Thursday, April 9, 2009

Culture, Religion, Nation-State & the ETHICAL SELF: Denmark and the Cartoons on the Prophet Muhammad

My Published Comment on The Times of India 9 Apr 2009, 0105 hrs IST:

Denmark is a great country to visit, it has admirable social policies, Denmark has a democratic government and a democratic polity.

However Denmark lacks the basic and necessary understanding that freedom and a free press in democratic pluralist nation-states, does not include license to hurt cultural and religious sentiments.

The case of Denmark illustrates that democratic nation-states are no guarantee for the protection of cultural and religious sentiments of ALL of its citizens, Muslims among them. How are Danish Muslims expected to feel and react?

Ex-premier Anders Fogh Rasmussen lacks an ethical compass, essential for authentic leadership of democratic nation-states. Now, Rasmussen has found the job that fits right into his intolerant worldview -- heading up the US-dominated NATO which has absolutely no business conducting military operations in the South Asia region.

Rasmussen is the right man for that dirty job.

9 Apr 2009, 0105 hrs IST
Prophet Muhammad cartoon goes on sale in Denmark
8 Apr 2009, 2311 hrs IST, AP
Times of India copyright
: A Danish press freedom group said on Wednesday it is selling copies of a cartoon of the Prophet Muhammad that caused outrage across
the Muslim World.

Some 1,000 printed reproductions of a drawing depicting Islam's prophet wearing a bomb-shaped turban are being sold for 1,400 kroner ($250) each, said Lars Hedegaard, chairman of the Danish Free Press Society.

"All we are doing is starting a debate," Hedegaard said. "We are using our freedom of speech."

Hedegaard said Danish artist Kurt Westergaard, who drew the cartoon in 2005, had given the society permission to produce the copies and sell them. Each numbered copy has been signed by Westergaard, Hedegaard said.

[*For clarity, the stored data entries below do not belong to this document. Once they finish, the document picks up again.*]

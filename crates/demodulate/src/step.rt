// One rewriting step of a clause that is being reduced.

ghost use Rattle.std.specs.Prelude.{◌≡◌, ◌≤◌, IfOk, OnErr, MatchBool, IsTrue};
ghost use Rattle.fol_base.specs.Clause.{clause_size};
ghost use Rattle.fol_base.specs.Canonical.{IsCanonical};
ghost use Rattle.fol_base.specs.Literal.{clause_of};
ghost use Rattle.fol_base.specs.Subsumption.{assertions};
ghost use Rattle.fol_base.specs.declared.limits.TheConstants.{MOST_SYMBOLS};
ghost use Rattle.kernel_steps.specs.Names.{are_sorted};
ghost use Rattle.rewriting.specs.NormalTerms.{RemembersNormal};
ghost use Rattle.rewriting.specs.Searching.{usable_by};
ghost use Rattle.rewriting.specs.Units.{AreClausesOf};
ghost use Rattle.demodulate.specs.Normal.{IsLeft, IsNext, IsRewritten, kept};

use crate::line::rewriting_line;
use fol_base::Clause;
use kernel_steps::{Line, Reduced};
use plain_types::Mem;
use reduced_clause::{extend, last_number};
use rewriting::{NormalTerms, Rewriters};
use std::alloc::Global;

/// A line that goes on from a clause, and the unit that it uses.
#[derive(Drop)]
pub(crate) struct NextLine {
    pub(crate) unit: u32,
    pub(crate) line: Line,
}

/// One rewriting step: the result so far is rewritten by a unit, its line is added, and the unit is noted. False exactly where no unit of
/// the set, but for the one that is left out, rewrites it; then, and after an out-of-memory error, nothing of it is changed.
pub fn rewrite_once(
    alloc: Global,
    by: &Rewriters<'_>,
    reduced: &mut Reduced,
    normal: &mut NormalTerms,
) -> Mem<bool>
    requires units { AreClausesOf by.now.bank.now by.now.units.now }
    requires asserted { by.now.asserted.now ≡ assertions reduced.old.clause.names }
    requires canonical { IsCanonical (clause_of reduced.old.clause) }
    requires names { IsTrue (are_sorted reduced.old.clause.names) }
    requires size { clause_size (clause_of reduced.old.clause) ≤ MOST_SYMBOLS }
    requires remembers { RemembersNormal (usable_by by.now) normal.old }
    ensures ok { IfOk result (λ stepped. MatchBool stepped
        (IsRewritten (kept by.now.units.now by.now.left_out) reduced.old reduced.new)
        (IsLeft (kept by.now.units.now by.now.left_out) reduced.old reduced.new)) }
    ensures err { OnErr result (reduced.new ≡ reduced.old) }
    ensures remembers { RemembersNormal (usable_by by.now) normal.new }
{
    let parent = last_number(reduced)?;
    match next_line(alloc, by, &reduced.clause, parent, normal)? {
        None => Ok(false),
        Some(next) => {
            extend(alloc, reduced, None, next.line, Some(next.unit))?;
            Ok(true)
        }
    }
}

/// The line of a rewrite of a clause, which has the number `parent`. None exactly where the clause has no redex.
fn next_line(
    alloc: Global,
    by: &Rewriters<'_>,
    clause: &Clause,
    parent: u64,
    normal: &mut NormalTerms,
) -> Mem<Option<NextLine>>
    requires units { AreClausesOf by.now.bank.now by.now.units.now }
    requires size { clause_size (clause_of clause.now) ≤ MOST_SYMBOLS }
    requires remembers { RemembersNormal (usable_by by.now) normal.old }
    ensures next { IfOk result (IsNext (usable_by by.now) (clause_of clause.now) parent) }
    ensures remembers { RemembersNormal (usable_by by.now) normal.new }
{
    match by.find(alloc, &clause.literals, normal)? {
        None => Ok(None),
        Some(found) => match by.units.clause(found.rewrite.number) {
            None => unreachable!(),
            Some(unit) => {
                let _canonical = unit.literals();
                let line = rewriting_line(alloc, by.bank, unit, clause, parent, &found)?;
                Ok(Some(NextLine {
                    unit: found.rewrite.number as u32,
                    line,
                }))
            }
        },
    }
}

"We have not, and are not, breaking any laws," Hedegaard said.

Westergaard has been living under police protection since an alleged plot to murder him was discovered last year.

Twelve cartoons depicting the prophet, including the one by Westergaard, were published in the Jyllands-Posten newspaper in 2005.

The following year, they triggered massive protests from Morocco to Indonesia, with rioters torching Danish and other Western diplomatic missions. Some Muslim countries boycotted Danish products.

Islamic law generally opposes any depiction of the prophet for fear it could lead to idolatry.

Throughout the crisis, then Prime Minister Anders Fogh Rasmussen distanced himself from the cartoons but resisted calls to apologize for them, citing freedom of speech and saying his government could not be held responsible for the actions of Denmark's press.

On Saturday, Fogh Rasmussen was chosen to become NATO's new secretary-general, despite threats by Turkey, the alliance's only Muslim member, to veto his election.